The static visuals are accompanied by audio recordings of intercepted phone calls between Russian soldiers and their families, captured by Ukrainian intelligence since the start of the full-scale invasion and regularly published online. In these calls, the soldiers discuss Russia's military ambitions, brag about their victories, boast about the trophies they plan to take home, and share their worries and fears about the direction the invasion is taking. Some admit to having tortured and killed people, including civilians.

== Production ==
The film took approximately two years to complete. Filming began in 2022 and wrapped up in 2023, with footage captured in Donbas, as well as the Kyiv, Kharkiv, and Mykolaiv regions.

== Reception ==
 Metacritic, which uses a weighted average, assigned the film a score of 84 out of 100, based on 5 critics, indicating "universal acclaim".

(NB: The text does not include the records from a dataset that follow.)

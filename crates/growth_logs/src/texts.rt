//! What the calls are given.

/// The configuration. One name is so long that it takes a block of its own.
pub const ZONES: &[u8] = b"zone local gk-a example.com\n\
zone remote the-gatekeeper-of-the-north-site example.com 10.9.0.1\n\
zone prefix the-gatekeeper-of-the-north-site 9* gw-priority 10 ga\n\
gw-type-prefix 1# hopoff the-gatekeeper-of-the-north-site\n\
bandwidth total zone gk-a 256\n";

/// The configuration that comes after it, and is the candidate of trials: 9 leads to `gk-a`.
pub const OTHER_ZONES: &[u8] = b"zone local gk-a example.com\n\
zone local gk-b example.com\n\
zone prefix gk-a 9*\n";
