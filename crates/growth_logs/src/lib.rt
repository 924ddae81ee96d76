//! What the programs share that go through calls while one growth of memory after another, or each
//! of them, is refused: what they are asked for, how memory is used up, what is said of the calls,
//! and configurations.
#![tactic(auto)]

mod asked;
mod configurations;
mod hoards;
mod logs;
mod replies;
mod terms;
pub mod texts;

pub use asked::{Task, task_in};
pub use configurations::{commands_of, shared_tables};
pub use hoards::Hoard;
pub use logs::Log;
pub use replies::{lacks_memory, show_reply};
pub use terms::{MOST_CALLS, Terms};
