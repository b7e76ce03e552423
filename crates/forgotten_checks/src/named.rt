//! The harts that properties name by their numbers.

ghost use Rattle.std.specs.Prelude.{◌||◌, IfOk};
ghost use Rattle.forgotten_checks.specs.Asked.{claim_names, properties_name};
ghost use Rattle.named_harts.specs.NamedHarts.{IsSetOf, has};

use explore_properties::{Claim, Property};
use named_harts::{HartSet, named_harts, nobody, union};
use std::alloc::{AllocError, Global};

/// The harts that a claim names.
fn of_claim(alloc: Global, claim: &Claim) -> Result<HartSet, AllocError>
    ensures { IfOk result (IsSetOf (claim_names claim.now)) }
{
    match claim {
        Claim::Holds(_, condition) => {
            let nodes = condition.nodes(alloc)?;
            named_harts(alloc, nodes.as_slice())
        }
        Claim::Ends | Claim::EndsFairly => Ok(nobody()),
    }
}

/// A set with the harts that a claim names.
fn with_claim(alloc: Global, set: &HartSet, claim: &Claim) -> Result<HartSet, AllocError>
    ensures { IfOk result (IsSetOf (λ hart. has set.now hart || claim_names claim.now hart)) }
{
    let named = of_claim(alloc, claim)?;
    Ok(union(set, &named))
}

/// The harts that properties name. Fails only when out of memory.
pub(crate) fn named_by(alloc: Global, properties: &[Property<'_>]) -> Result<HartSet, AllocError>
    ensures { IfOk result (IsSetOf (properties_name properties.now)) }
{
    let mut named = nobody();
    for property in properties {
        named = with_claim(alloc, &named, property.claim())?;
    }
    Ok(named)
}
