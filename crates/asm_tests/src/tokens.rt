//! Tokens, and the places at which there are none.

use asm_tokens::{AsmFaultKind, Token, TokenKind, push_string, read_tokens, without_zeros};
use std::alloc::Global;
use std::fmt::Write;
use std::io;
use std::test::Fail;

/// Appends a token: its kind's letter, its text and its place.
fn push_shown(out: &mut String, token: Token<'_>) -> io::Result<()> {
    let (line, column) = (token.place.line, token.place.column);
    match token.kind {
        TokenKind::Name => write!(out, "N")?,
        TokenKind::Number(Some(number)) => write!(out, "#{number}=")?,
        TokenKind::Number(None) => write!(out, "#=")?,
        TokenKind::Local => write!(out, "L")?,
        TokenKind::String => write!(out, "S")?,
        TokenKind::Mark(_) => write!(out, "M")?,
        TokenKind::Request => write!(out, "R")?,
        TokenKind::End => write!(out, "E")?,
    }
    if token.kind != TokenKind::End {
        let text = str::from_utf8(token.text).unwrap_or("?");
        write!(out, "{text}")?;
    }
    write!(out, "@{line}:{column} ")?;
    Ok(())
}

/// A text's tokens in one line, or its fault.
fn shown(alloc: Global, text: &[u8]) -> io::Result<String> {
    let mut out = String::new(alloc);
    match read_tokens(alloc, text) {
        Ok(tokens) => {
            for token in &tokens {
                push_shown(&mut out, *token)?;
            }
        }
        Err(fault) => {
            let (line, column, kind) = (fault.place.line, fault.place.column, fault.kind);
            write!(out, "{line}:{column}: {kind}")?;
        }
    }
    Ok(out)
}

#[test]
fn a_text_has_its_tokens(rt: HostRuntime) -> Result<(), Fail> {
    for (text, want) in [
        ("", "E@1:1 "),
        ("li a0, 0x1F", "Nli@1:1 Na0@1:4 M,@1:6 #31=0x1F@1:8 E@1:12 "),
        (
            "a.b$_9:;j 1b\n",
            "Na.b$_9@1:1 M:@1:7 E@1:8 Nj@1:9 L1b@1:11 E@1:13 E@2:1 ",
        ),
        ("00 017 0b101", "#0=00@1:1 #15=017@1:4 #5=0b101@1:8 E@1:13 "),
        (
            "0B1 0b 0f 19f",
            "#1=0B1@1:1 L0b@1:5 L0f@1:8 L19f@1:11 E@1:14 ",
        ),
        (
            "0xffffffffffffffff",
            "#18446744073709551615=0xffffffffffffffff@1:1 E@1:19 ",
        ),
        ("18446744073709551616", "#=18446744073709551616@1:1 E@1:21 "),
        ("'a' '''", "#97='a'@1:1 #39='''@1:5 E@1:8 "),
        ("'\\n' '\\x141'", "#10='\\n'@1:1 #65='\\x141'@1:6 E@1:13 "),
        ("\"a;#/*\\\"\" x", "S\"a;#/*\\\"\"@1:1 Nx@1:11 E@1:12 "),
        (
            "1<<2>>3",
            "#1=1@1:1 M<<@1:2 #2=2@1:4 M>>@1:5 #3=3@1:7 E@1:8 ",
        ),
        (
            "a/*\n*/b//c\nd#e\n",
            "Na@1:1 Nb@2:3 E@2:7 Nd@3:1 E@3:4 E@4:1 ",
        ),
        (
            " \t#@ hart x\n#@ram\n a #@ no",
            "R#@ hart x@1:3 E@1:12 R#@ram@2:1 E@2:6 Na@3:2 E@3:9 ",
        ),
        ("/**/#@ x\n", "E@1:9 E@2:1 "),
        (
            "%hi(x)+~-!",
            "M%@1:1 Nhi@1:2 M(@1:4 Nx@1:5 M)@1:6 M+@1:7 M~@1:8 M-@1:9 M!@1:10 E@1:11 ",
        ),
        ("^&|*=@", "M^@1:1 M&@1:2 M|@1:3 M*@1:4 M=@1:5 M@@1:6 E@1:7 "),
    ] {
        let got = shown(rt.alloc(), text.as_bytes())?;
        assert_eq!(&rt; got.as_str(), want, "of {text:?}");
    }
    Ok(())
}

#[test]
fn a_byte_without_a_token_is_told(rt: HostRuntime) -> Result<(), Fail> {
    for (text, want) in [
        ("a\n `", "2:2: 1 Byte"),
        ("08", "1:1: 1 Byte"),
        ("0x", "1:1: 1 Byte"),
        ("1a", "1:1: 1 Byte"),
        ("a < b", "1:3: 1 Byte"),
        ("a /* b\n", "1:3: 1 Byte"),
        (" \"ab\\q\"", "1:5: 1 Byte"),
        ("\"\\400\"", "1:2: 1 Byte"),
        ("\"\\x\"", "1:2: 1 Byte"),
        ("\"ab\n\"", "1:1: 1 Byte"),
        ("\"a\u{7f}\"", "1:3: 1 Byte"),
        ("'\\q'", "1:2: 1 Byte"),
        ("'ab'", "1:1: 1 Byte"),
        ("'\\nb'", "1:1: 1 Byte"),
        ("'\t'", "1:1: 1 Byte"),
        ("é", "1:1: 1 Byte"),
    ] {
        let got = shown(rt.alloc(), text.as_bytes())?;
        assert_eq!(&rt; got.as_str(), want, "of {text:?}");
    }
    Ok(())
}

#[test]
fn a_string_means_its_bytes(rt: HostRuntime) -> Result<(), Fail> {
    for (text, want) in [
        ("\"\"", b"".as_slice()),
        ("\"a\\tb\"", b"a\tb".as_slice()),
        (
            "\"\\b\\f\\n\\r\\\\\\\"\\'\"",
            b"\x08\x0c\n\r\\\"'".as_slice(),
        ),
        ("\"\\7\\101\\1011\"", b"\x07AA1".as_slice()),
        ("\"\\x4\\X4142\"", b"\x04B".as_slice()),
    ] {
        let mut bytes = Vec::new(rt.alloc());
        bytes.push(b'>')?;
        push_string(&mut bytes, text.as_bytes())?;
        assert!(&rt; bytes[0] == b'>' && &bytes[1..] == want, "of {text:?}");
    }
    assert!(&rt; without_zeros(b"0010") == b"10".as_slice());
    assert!(&rt; without_zeros(b"000") == b"".as_slice());
    Ok(())
}

#[test]
fn each_kind_of_fault_has_its_number_and_name(rt: HostRuntime) -> Result<(), Fail> {
    for (kind, want) in [
        (AsmFaultKind::Byte, "1 Byte"),
        (AsmFaultKind::Statement, "2 Statement"),
        (AsmFaultKind::Operand, "3 Operand"),
        (AsmFaultKind::Range, "4 Range"),
        (AsmFaultKind::Register, "5 Register"),
        (AsmFaultKind::Symbol, "6 Symbol"),
        (AsmFaultKind::Twice, "7 Twice"),
        (AsmFaultKind::Expression, "8 Expression"),
        (AsmFaultKind::Profile, "9 Profile"),
        (AsmFaultKind::Section, "10 Section"),
        (AsmFaultKind::Capability, "11 Capability"),
        (AsmFaultKind::Hart, "12 Hart"),
        (AsmFaultKind::Size, "13 Size"),
        (AsmFaultKind::NoMemory, "14 NoMemory"),
    ] {
        let got = format!(in rt.alloc(); "{kind}")?;
        assert_eq!(&rt; got.as_str(), want);
    }
    Ok(())
}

Monica Castillo of RogerEbert.com gave the film three out of four stars and wrote, "It's easy to write off combatants as just an enemy but Karpovych's film tries to understand them, how and why they've justifying killing civilians on sight, enacting horrifying amounts of torture, or why they're invading Ukraine's borders in the first place. And while the voices of Ukrainians are not featured in Intercepted, their resilience dominates the frame of Karpovych's observational documentary."

===Accolades===
The film won the Grand Prize for National Feature at the 2024 Montreal International Documentary Festival.

It was a shortlisted finalist for the 2026 Prix Luc-Perreault.

== Controversy ==
Karpovich says she had listened to 31 hours of phone recordings made between March and November 2022, which she downloaded off the Ukrainian intelligence's YouTube channel, "barely changing the order" as she found the order in which they were uploaded developed a natural narrative arc. This lead some to question their authenticity and the ethics behind using unverifiable material from an intelligence service that is party to the conflict as a basis for a documentary. Karpovich had not interviewed any Russian soldiers herself. The use of intercepted material is seen as controversial and potentially manipulative.

A Berlinale review has questioned if Intercepted is a documentary or "war propaganda". A review in Slant Magazine noted that parts of the film are potentially manipulative.